*** Given data

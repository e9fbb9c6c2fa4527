//! Sets of registers, one member after another.

ghost use Rattle.std.specs.Prelude.{◌≡◌, ℕ, ◌<◌, ◌≤◌, true, false, IfSome, IfNone};
ghost use Rattle.mips_instructions.specs.Words.{has};

use mips_instructions::number::{Reg, RegSet};

/// The least member of a set that is `from`, 0..=34, or above; `None` where there is none.
#[inline]
pub fn next_member(set: RegSet, from: u8) -> Option<Reg>
    requires { from ≤ 34 }
    ensures member { IfSome result (λ r. (has set r ≡ true) × (from ≤ r)) }
    ensures range { IfSome result (λ r. r < 34) }
    ensures least { IfSome result (λ r. (s : ℕ) → from ≤ s → s < r → has set s ≡ false) }
    ensures none { IfNone result ((s : ℕ) → from ≤ s → has set s ≡ false) }
{
    let bits = set.bits() >> from;
    if bits == 0 {
        return None;
    }
    Reg::new(from + bits.trailing_zeros() as u8)
}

******

## About this task
Calculate the number of lines above that include the word "bits", giving that number by itself.

## Answer to the problem
3